> [Data]
Content starts

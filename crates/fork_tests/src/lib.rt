// Tests of graphs of fork-join runs: their first faults, which of their strands precede which, work and span. It has no
// code of its own.
#![tactic(auto)]

#[cfg(test)]
mod faults;
#[cfg(test)]
mod orders;
#[cfg(test)]
mod runs;
#[cfg(test)]
mod spans;
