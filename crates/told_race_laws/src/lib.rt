// Laws of the races of a log whose tasks tell what they do in order: they are those of the accesses told.
#![tactic(auto)]

ghost use Rattle.told_race_laws.specs.ToldRaces.{LogRacesAreTold};

/// In a log without releases a location is racing, as its report has it, if and only if two accesses that are told race
/// at it.
pub fn log_races_are_told()
    ensures { LogRacesAreTold }
{}
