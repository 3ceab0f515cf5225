// Which strands of runs precede which.

use crate::runs::{Table, lists};
use fork_graph::GraphTurn::{Join, Spawn};
use fork_graph::{Extent, GraphTurn, are_small, first_fault};
use log_walk::SerialWalk;
use plain_vec::Listed;
use std::alloc::Global;

struct Case {
    table: Table,
    // The tasks of the strands, in their serial order.
    order: &'static [u32],
    // For each strand a row with a 1 for each strand that it precedes, as the edges say.
    precedes: &'static [&'static [u8]],
}

const CASES: &[Case] = &[
    Case {
        table: &[&[]],
        order: &[0],
        precedes: &[b"1"],
    },
    Case {
        table: &[
            &[Spawn(1), Spawn(2), Join(2), Join(1)],
            &[Spawn(3), Join(3)],
            &[],
            &[],
        ],
        order: &[0, 1, 3, 1, 1, 0, 2, 0, 0, 0],
        precedes: &[
            b"1111111111",
            b"0111100001",
            b"0010100001",
            b"0001100001",
            b"0000100001",
            b"0000011111",
            b"0000001011",
            b"0000000111",
            b"0000000011",
            b"0000000001",
        ],
    },
    Case {
        table: &[&[Spawn(1), Spawn(2), Join(1), Join(2)], &[], &[]],
        order: &[0, 1, 0, 2, 0, 0, 0],
        precedes: &[
            b"1111111", b"0100011", b"0011111", b"0001001", b"0000111", b"0000011", b"0000001",
        ],
    },
];

fn has_order(walk: &SerialWalk, order: &[u32]) -> bool {
    let strands = walk.order();
    if strands.len() != order.len() {
        return false;
    }
    for (strand, task) in strands.iter().zip(order) {
        if strand.task != *task {
            return false;
        }
    }
    true
}

fn has_row(walk: &SerialWalk, first: usize, row: &[u8]) -> bool {
    let count = walk.order().len();
    if first >= count || row.len() != count {
        return false;
    }
    for (second, digit) in row.iter().enumerate() {
        if second < count && walk.precedes(first, second) != (*digit == b'1') {
            return false;
        }
    }
    true
}

fn has_rows(walk: &SerialWalk, rows: &[&[u8]]) -> bool {
    for (first, row) in rows.iter().enumerate() {
        if !has_row(walk, first, row) {
            return false;
        }
    }
    true
}

fn is_walked(alloc: Global, tasks: &Listed<Listed<GraphTurn>>, case: &Case) -> bool {
    if tasks.is_empty() || !are_small(tasks) {
        return false;
    }
    let Ok(None) = first_fault(alloc, tasks, Extent::Whole) else {
        return false;
    };
    match SerialWalk::new(alloc, tasks) {
        Ok(walk) => has_order(&walk, case.order) && has_rows(&walk, case.precedes),
        Err(_) => false,
    }
}

fn is_right(alloc: Global, case: &Case) -> bool {
    match lists(alloc, case.table) {
        Ok(tasks) => is_walked(alloc, &tasks, case),
        Err(_) => false,
    }
}

#[test]
fn orders_and_precedence(rt: HostRuntime) {
    for case in CASES {
        assert!(rt; is_right(rt.alloc(), case));
    }
}

// A chain of so many nested forks.
fn chain(alloc: Global, count: u32) -> Option<Listed<Listed<GraphTurn>>> {
    let mut tasks = Listed::new(alloc);
    for child in 1..count {
        let mut turns = Listed::new(alloc);
        turns.push_pair(Spawn(child), Join(child)).ok()?;
        tasks.push(turns).ok()?;
    }
    tasks.push(Listed::new(alloc)).ok()?;
    Some(tasks)
}

fn chain_is_walked(alloc: Global, count: u32) -> bool {
    let Some(tasks) = chain(alloc, count) else {
        return false;
    };
    if tasks.is_empty() || !are_small(&tasks) {
        return false;
    }
    let Ok(None) = first_fault(alloc, &tasks, Extent::Whole) else {
        return false;
    };
    match SerialWalk::new(alloc, &tasks) {
        Ok(walk) => chain_is_right(&walk, count as usize),
        Err(_) => false,
    }
}

// The innermost task's strand stands behind the first ones of all others, and the other two of each task follow, those
// of the innermost task first. A task's strand beside its child is in no order with what is below that.
fn chain_is_right(walk: &SerialWalk, count: usize) -> bool {
    let strands = walk.order().len();
    if count < 3 || count > 1_000_000 || strands != 3 * (count - 1) + 1 {
        return false;
    }
    let last = strands - 1;
    let inner = count - 1;
    walk.precedes(0, last)
        && walk.precedes(1, 2)
        && !walk.precedes(2, 1)
        && !walk.precedes(inner, inner + 1)
        && !walk.precedes(inner + 1, inner)
        && walk.precedes(inner, inner + 2)
        && !walk.precedes(inner, inner + 3)
        && walk.precedes(inner, inner + 4)
        && !walk.precedes(inner, last - 1)
        && walk.precedes(inner, last)
}

#[test]
fn deep_chain(rt: HostRuntime) {
    assert!(rt; chain_is_walked(rt.alloc(), 100_000));
}
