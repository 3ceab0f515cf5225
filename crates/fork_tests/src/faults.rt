// The first faults of runs.

use crate::runs::{Table, lists};
use fork_graph::GraphTurn::{Join, Spawn};
use fork_graph::{Extent, GraphTurn, StrandCause, StrandFault, are_small, first_fault};
use std::alloc::Global;

struct Case {
    name: &'static str,
    table: Table,
    // The first fault of the run as a whole one, and as a cut one: the strand and the number of the cause.
    whole: Option<(u32, u32, u32)>,
    cut: Option<(u32, u32, u32)>,
}

const CASES: &[Case] = &[
    Case {
        name: "one task without turns",
        table: &[&[]],
        whole: None,
        cut: None,
    },
    Case {
        name: "two children, joined first in first out",
        table: &[&[Spawn(1), Spawn(2), Join(1), Join(2)], &[], &[]],
        whole: None,
        cut: None,
    },
    Case {
        name: "children with lower numbers than their parents",
        table: &[&[Spawn(2), Join(2)], &[], &[Spawn(1), Join(1)]],
        whole: None,
        cut: None,
    },
    Case {
        name: "a spawn of the root",
        table: &[&[Spawn(1), Join(1)], &[Spawn(0)]],
        whole: Some((1, 0, 0)),
        cut: Some((1, 0, 0)),
    },
    Case {
        name: "a task that is spawned twice, the second time by a higher task",
        table: &[
            &[Spawn(1), Spawn(2), Join(2), Join(1)],
            &[Spawn(2), Join(2)],
            &[],
        ],
        whole: Some((1, 0, 0)),
        cut: Some((1, 0, 0)),
    },
    Case {
        name: "a spawn of a task that isn't there",
        table: &[&[Spawn(1), Join(1)]],
        whole: Some((0, 0, 0)),
        cut: Some((0, 0, 0)),
    },
    Case {
        name: "a join of a child of a child",
        table: &[&[Spawn(1), Join(2), Join(1)], &[Spawn(2)], &[]],
        whole: Some((0, 1, 1)),
        cut: Some((0, 1, 1)),
    },
    Case {
        name: "a child that is joined twice",
        table: &[&[Spawn(1), Join(1), Join(1)], &[]],
        whole: Some((0, 2, 1)),
        cut: Some((0, 2, 1)),
    },
    Case {
        name: "a join before the spawn",
        table: &[&[Join(1), Spawn(1)], &[]],
        whole: Some((0, 0, 1)),
        cut: Some((0, 0, 1)),
    },
    Case {
        name: "a child that isn't joined",
        table: &[&[Spawn(1), Join(1)], &[Spawn(2)], &[]],
        whole: Some((1, 1, 2)),
        cut: None,
    },
    Case {
        name: "two tasks that spawn each other",
        table: &[&[], &[Spawn(2), Join(2)], &[Spawn(1), Join(1)]],
        whole: Some((1, 2, 3)),
        cut: None,
    },
    Case {
        name: "an unreached task before a bad join",
        table: &[&[Spawn(2), Join(2)], &[], &[Join(2)]],
        whole: Some((1, 0, 3)),
        cut: Some((2, 0, 1)),
    },
];

fn number(cause: StrandCause) -> u32 {
    match cause {
        StrandCause::SpawnsNoNewTask => 0,
        StrandCause::JoinsNoOpenChild => 1,
        StrandCause::LeavesUnjoined => 2,
        StrandCause::IsUnreached => 3,
    }
}

fn found(alloc: Global, table: Table, extent: Extent) -> Option<Option<StrandFault>> {
    let Ok(tasks) = lists(alloc, table) else {
        return None;
    };
    if !are_small(&tasks) {
        return None;
    }
    first_fault(alloc, &tasks, extent).ok()
}

// Whether the first fault is this one.
fn finds(alloc: Global, table: Table, extent: Extent, wanted: Option<(u32, u32, u32)>) -> bool {
    match (found(alloc, table, extent), wanted) {
        (Some(None), None) => true,
        (Some(Some(fault)), Some((task, index, cause))) => {
            fault.strand.task == task && fault.strand.index == index && number(fault.cause) == cause
        }
        _ => false,
    }
}

#[test]
fn first_faults(rt: HostRuntime) {
    for case in CASES {
        assert!(rt;
            finds(rt.alloc(), case.table, Extent::Whole, case.whole),
            "{}",
            case.name
        );
        assert!(rt;
            finds(rt.alloc(), case.table, Extent::Cut, case.cut),
            "{}",
            case.name
        );
    }
}
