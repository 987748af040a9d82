// Call, Phi and Debug; `t` are the own fields of an instruction.
#![tactic(auto)]

ghost use Rattle.bytes_field.specs.Decode.{call_of, phi_of, debug_of};
ghost use Rattle.shelf_field.specs.Asked.{Judged};
ghost use Rattle.shelf_call.specs.Shown.{JudgedByAny};

use bytes_field::ID;
use bytes_index::Typing;
use rewrite_parts::Listed;

// Where the count of a Call's dests stands.
const DESTS: usize = 0;

// Where a Phi's dest, its type and the count of its sources stand.
const DEST: usize = 0;

const TYPE: usize = 2;

const SOURCES: usize = 4;

// Where the count of a Debug's values stands, behind its message.
const SHOWN: usize = bytes_field::WORD;

// A Call has as many arguments as parameter types, each of its type, and its dests have the return types. (`rewrite_before::call_list` tells
// where the arguments stand too, as two numbers beside what is asked of them; here they and the dests are lists: one sum is the same.)
pub fn call(typing: Typing, t: &[u8]) -> bool
    ensures { Judged call_of typing.entry t.now result }
{
    let dests = Listed::behind(t, DESTS);
    let callee = dests.at + ID * dests.count as usize;
    let arguments = Listed::behind(t, callee + ID);
    let e = bytes_operands::values_end(t, arguments.at, 0, 0, arguments.count);
    if bytes_wire::byte_at(t, e) != arguments.count {
        return false;
    }
    let given = shelf_list::arguments_fit(typing, arguments, e + 1);
    let back = e + 1 + ID * arguments.count as usize + 1;
    let had = shelf_list::dests_fit(typing, dests, back);
    given & had
}

// A Phi: the dest and each source have the type that is named.
pub fn phi(typing: Typing, t: &[u8]) -> bool
    ensures { Judged phi_of typing.entry t.now result }
{
    let y = shelf_field::type_at(t, typing.code.bounds, TYPE);
    let dest = shelf_field::id_has(typing, t, DEST, y);
    let sources = shelf_list::sources_fit(typing, Listed::behind(t, SOURCES), y);
    dest & sources
}

// Each value of a Debug has a recorded type or is a literal.
pub fn debug(typing: Typing, t: &[u8]) -> bool
    ensures { JudgedByAny debug_of typing.entry t.now result }
{
    let shown = Listed::behind(t, SHOWN);
    shelf_list::all_known(typing, shown)
}
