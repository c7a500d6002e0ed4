// The program's input and output around console: what it reads from any reader, and prints to any writer.
#![tactic(auto)]

ghost use Rattle.std.specs.Prelude.{◌≤◌, length, take};
ghost use Rattle.std.specs.Io.KnownBytes.{Consumes};
ghost use Rattle.terminal.specs.Session.{Answers};

use std::io;
use std::io::{Input, Print, Read, Write};

// Reads until the buffer is full, the input ends or a read fails, and gives how many bytes it put at the buffer's start. A loop
// by hand: a read gives any number of bytes, and read_exact would lose the count where the input is shorter.
#[tactic(auto, using(crate::proofs::Filling::nothing, crate::proofs::Filling::more, crate::proofs::Filling::end, crate::proofs::Filling::failed))]
fn fill<R: Read>(reader: &mut R, buffer: &mut [u8]) -> usize
    ensures bound { result ≤ length buffer.new }
    ensures bytes { Consumes (R.remaining reader.old) (R.remaining reader.new) (take result buffer.new) }
{
    let mut count: usize = 0;
    while count < buffer.len() {
        match reader.read(&mut buffer[count..]) {
            Ok(0) => break,
            Ok(n) => count += n,
            Err(_) => break,
        }
    }
    count
}

// Reads the input to its end, or to one byte more than is taken, and writes the transcript. A read that fails ends the input; the
// error of a write that fails is returned.
pub fn answer<R: Read, W: Write>(reader: &mut R, writer: &mut W) -> io::Result<()>
    ensures { Answers (R.remaining reader.old) (R.remaining reader.new)
        (W.contents writer.old) (W.contents writer.new) result }
{
    // Arrays and no Vec: console::transcript takes the longest transcript's array, and no run ends for want of memory.
    let mut input = [0u8; console::INPUT_LIMIT + 1];
    let count = fill(reader, &mut input);
    let mut out = [0u8; console::LONGEST_TRANSCRIPT];
    let length = console::transcript(&input[..count], &mut out);
    writer.write_all(&out[..length])
}

// The same on standard input and output. Nothing more is promised: of what a system call reads or writes no contract can speak.
pub fn run<R: Input + Print>(rt: &R) -> io::Result<()> {
    answer(&mut rt.reader(), &mut io::writer(rt))
}
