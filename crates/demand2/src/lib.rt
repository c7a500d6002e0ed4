// Theorems only: what is claimed of one request (demand 2).
#![tactic(auto)]
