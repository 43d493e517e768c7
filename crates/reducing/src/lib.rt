// How a colour reduces to a mode's own precision: by its alpha, to a grey, or as an opaque colour; and which of these goes
// with which shift. `reduce_color` is named as in src/mode/color.rs, where it is asked for a mode and a rounding: here it takes
// the mode's reduction and the lent table. `luma_u8` (luma.rt) is that of src/color.rs. All else is added.
#![tactic(auto)]

mod luma;

ghost use Rattle.std.specs.Prelude.{◌≡◌};
ghost use Rattle.reducing.specs.Reduce.{Numbered, is_pairing, solid, by_alpha, reduce_color, least_alpha, keeps_channels};

use color::{NormalizedColor, ReducedColor, Rgba8888, looked_up};
use luma::luma_u8;
use replies::Refusal;

// How the modes reduce a colour. `ByAlpha`: the colour itself, and transparent where its alpha is below 128. `Grey`: the luma
// of an opaque colour, in all three channels. `OpaqueColor`: an opaque colour's own channels.
#[derive(Clone, Copy, Debug, PartialEq, Eq, Hash)]
pub enum Reducing {
    ByAlpha,
    Grey,
    OpaqueColor,
}

// By its number, as C names it.
impl TryFrom<u32> for Reducing {
    type Error = Refusal;

    ghost try_from_gives = { Numbered };

    fn try_from(number: u32) -> Result<Reducing, Refusal> {
        match number {
            0 => Ok(Reducing::ByAlpha),
            1 => Ok(Reducing::Grey),
            2 => Ok(Reducing::OpaqueColor),
            _ => Err(Refusal::KindOrShift),
        }
    }
}

// Whether some mode reduces so with this shift.
#[tactic(auto, unfolding(crate::specs::Reduce::is_pairing))]
pub fn is_pairing(reducing: Reducing, shift: u32) -> bool
    ensures { result ≡ is_pairing reducing shift }
{
    match reducing {
        Reducing::ByAlpha => matches!(shift, 3..=5),
        Reducing::Grey => matches!(shift, 5 | 6),
        Reducing::OpaqueColor => shift == 6,
    }
}

// Three channels through the reduction table, and alpha 255.
fn solid(reduction: &[u8; 256], r: u8, g: u8, b: u8) -> ReducedColor
    ensures { result ≡ solid reduction.now r g b }
{
    ReducedColor(Rgba8888 {
        r: looked_up(reduction, r),
        g: looked_up(reduction, g),
        b: looked_up(reduction, b),
        a: 255,
    })
}

// Transparent where alpha is below 128; otherwise its channels through the table.
fn by_alpha(reduction: &[u8; 256], c: NormalizedColor) -> ReducedColor
    ensures { result ≡ by_alpha reduction.now c }
{
    if c.0.a < 128 {
        return ReducedColor::TRANSPARENT;
    }
    solid(reduction, c.0.r, c.0.g, c.0.b)
}

// A colour reduced.
#[tactic(auto, unfolding(crate::specs::Reduce::reduce_color))]
pub fn reduce_color(reducing: Reducing, reduction: &[u8; 256], c: NormalizedColor) -> ReducedColor
    ensures { result ≡ reduce_color reducing reduction.now c }
{
    match reducing {
        Reducing::ByAlpha => by_alpha(reduction, c),
        Reducing::Grey => {
            let gray = luma_u8(c);
            solid(reduction, gray, gray, gray)
        }
        Reducing::OpaqueColor => solid(reduction, c.0.r, c.0.g, c.0.b),
    }
}

// The least alpha of a colour that does not reduce to transparent: any will do where every pixel counts as opaque. A test of a
// pixel's alpha against it asks neither for the reduction nor for a luma.
pub fn least_alpha(reducing: Reducing) -> u8
    ensures { result ≡ least_alpha reducing }
{
    match reducing {
        Reducing::ByAlpha => 128,
        Reducing::Grey | Reducing::OpaqueColor => 0,
    }
}

// Whether a colour's own channels go through the table: all reductions but the one to greys.
pub fn keeps_channels(reducing: Reducing) -> bool
    ensures { result ≡ keeps_channels reducing }
{
    reducing != Reducing::Grey
}
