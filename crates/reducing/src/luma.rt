// The luma of a colour, named as in src/color.rs, by the same f32 operations in the same order. `as u8` is here a search: the
// byte at which the float is cut is looked for from a whole number near it, and each step asks the float alone.
ghost use Rattle.std.specs.Prelude.{◌≡◌, ◌≤◌};
ghost use Rattle.floats.specs.Bounds.{Upto};
ghost use Rattle.reducing.specs.Luma.{unit, luma_f32, cut_byte, luma_u8};

use color::NormalizedColor;

// A byte as a share of 255.
fn unit(v: u8) -> f32
    ensures { result ≡ unit v }
{
    v as f32 / 255.0
}

// Rec. 709 luma, from 0 to 1.
fn luma_f32(c: NormalizedColor) -> f32
    ensures { result ≡ luma_f32 c }
{
    let r = unit(c.0.r);
    let g = unit(c.0.g);
    let b = unit(c.0.b);
    r * 0.2126 + g * 0.7152 + b * 0.0722
}

// A whole number near the luma: the same sum in ten thousandths. Whatever it were, `cut` would find the byte.
fn near_luma(c: NormalizedColor) -> u8 {
    let sum = 2126 * c.0.r as u32 + 7152 * c.0.g as u32 + 722 * c.0.b as u32;
    (sum / 10000) as u8
}

// The number itself, or the first below it that is not above x. No public call: the caller sees to x.
fn cut_down(x: f32, near: u8) -> u8
    requires { Upto 255 x }
    ensures { result ≤ cut_byte x }
{
    // Kept: no end is counted to, and a `for` downward would add one and a return.
    let mut n = near;
    while x < n as f32 {
        n -= 1;
    }
    n
}

// The byte at which x is cut, from one that is not above it. No public call: the caller sees to x and to the number.
fn cut_up(x: f32, low: u8) -> u8
    requires { Upto 255 x × (low ≤ cut_byte x) }
    ensures { result ≡ cut_byte x }
{
    for n in low..255 {
        if x < (n + 1) as f32 {
            return n;
        }
    }
    255
}

// The byte at which x is cut: its whole part. No public call: the caller sees to x.
//
// Kept a search: with `x.trunc() as u8` a picture's candidates in greys take 1.7 times as long, and are no longer listed twice
// as fast as by the original.
fn cut(x: f32, near: u8) -> u8
    requires { Upto 255 x }
    ensures { result ≡ cut_byte x }
{
    cut_up(x, cut_down(x, near))
}

// Rec. 709 luma, as a byte.
pub fn luma_u8(c: NormalizedColor) -> u8
    ensures { result ≡ luma_u8 c }
{
    let scaled = luma_f32(c) * 255.0;
    cut(scaled.clamp(0.0, 255.0), near_luma(c))
}
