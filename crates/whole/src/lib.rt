// A whole journal at once: its listing in a lent buffer, its tally, and whether it reads.
//
// The driver plays a journal a buffer of text at a time; `list` puts its calls together in the lent buffer, and for the tally `runner` does, which
// drops the texts. What the listing and the tally of a journal are, and what the calls come to, is in `playing`.
#![tactic(auto)]

ghost use Rattle.std.specs.Prelude.{◌≤◌};
ghost use mathlib.Core.{Path.◌≡◌};
ghost use Rattle.playing.specs.{Listing.Tally, Calls.more_to_play};
ghost use Rattle.whole.specs.Whole.{end_of, Lists, number_of, Checks, ChecksFrom};

use driver::Progress;
use grammar::Refusal;
use journal::Item;
use protocol::Counts;
use runner::Texts;
use std::io;

// What ends a journal's listing, and at which line.
#[derive(Clone, Copy)]
pub struct Checked {
    // The refusal, 7 or 10 to 14; none at the journal's end.
    pub refusal: Option<Refusal>,
    // The number of the last line, or of the one that is refused, counted from 1.
    pub line: usize,
}

impl Checked {
    // The scope's number of the refusal, or 0 at the journal's end.
    pub fn number(self) -> u32
        ensures { result ≡ number_of self.refusal }
    {
        match self.refusal {
            None => 0,
            Some(refusal) => u32::from(refusal.number()),
        }
    }
}

// Whether there is more to play after a call. Neither `start` with room for its text nor `play` from a checkpoint that it
// returned answers `Short` or `Unfit`, so where there is no more the listing is whole.
pub fn more_to_play(progress: Progress) -> bool
    ensures { result ≡ more_to_play progress }
{
    runner::more_to_play(progress)
}

// The tally of a journal.
pub fn tally(journal: &[u8]) -> Counts
    ensures { Tally journal.now result }
{
    match runner::play_whole(journal, Texts::Dropped, &mut io::sink()) {
        Ok(counts) => counts,
        // No write fails where the listing is dropped.
        Err(_) => Counts::NONE,
    }
}

// The answer for how far the call that plays on came: the text's end where it is finished.
fn end_of(progress: Progress, end: usize) -> Option<usize>
    ensures { result ≡ end_of progress end }
{
    match progress {
        Progress::Finished => Some(end),
        Progress::More => None,
        Progress::Short => None,
        Progress::Unfit => None,
    }
}

// The listing of a journal, at the start of a lent buffer: where it ends, or that it has no room there. Then as much of it is
// in the buffer as has room, in whole lines.
pub fn list(journal: &[u8], out: &mut [u8]) -> Option<usize>
    ensures { Lists journal.now out.old out.new result }
{
    let mut private = [0u8; 65536];
    let mut shared = [0u8; 9216];
    let played = driver::start(journal, out);
    let written = played.written;
    if !more_to_play(played.progress) {
        return end_of(played.progress, written);
    }
    let opening = played.checkpoint.state.opening;
    let rest = driver::play(
        journal,
        played.checkpoint,
        &mut private[0..opening.private_length()],
        &mut shared[0..opening.shared_length()],
        &mut out[written..],
    );
    end_of(rest.progress, written + rest.written)
}

// The lines of a journal from the second on, which starts at an offset.
fn check_steps(journal: &[u8], form: u32, from: usize) -> Checked
    requires { (form ≡ 0 → ⊥) × (1 ≤ from) }
    ensures { ChecksFrom journal.now form from result.refusal result.line }
{
    let mut at = from;
    let mut line: usize = 1;
    loop {
        match journal::step_at(journal, at, form) {
            Ok(Some(Item::Step { next, .. })) => {
                at = next;
                line += 1;
            }
            Ok(None) => {
                return Checked {
                    refusal: None,
                    line,
                };
            }
            Err(refusal) => {
                return Checked {
                    refusal: Some(refusal),
                    line: line + 1,
                };
            }
            // No line after the first opens an engine.
            Ok(Some(Item::Opening { .. })) => {
                return Checked {
                    refusal: Some(Refusal::NoForm),
                    line,
                };
            }
        }
    }
}

// Whether a journal reads: what ends its listing, without playing it.
pub fn check(journal: &[u8]) -> Checked
    ensures { Checks journal.now result.refusal result.line }
{
    match journal::step_at(journal, 0, 0) {
        Ok(Some(item)) => match item {
            Item::Opening {
                form,
                opening,
                next,
            } => {
                if !opening.fits() {
                    return Checked {
                        refusal: Some(Refusal::Unfit),
                        line: 1,
                    };
                }
                check_steps(journal, form, next)
            }
            // Where the first line is due, a step is not found, nor is the end.
            Item::Step { .. } => Checked {
                refusal: Some(Refusal::NoForm),
                line: 1,
            },
        },
        Ok(None) => Checked {
            refusal: Some(Refusal::NoForm),
            line: 1,
        },
        Err(refusal) => Checked {
            refusal: Some(refusal),
            line: 1,
        },
    }
}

Content ends

> [Task instructions] From the records above, how many lines include the word "driver"? Only the number is wanted.

> [Exercise result] 4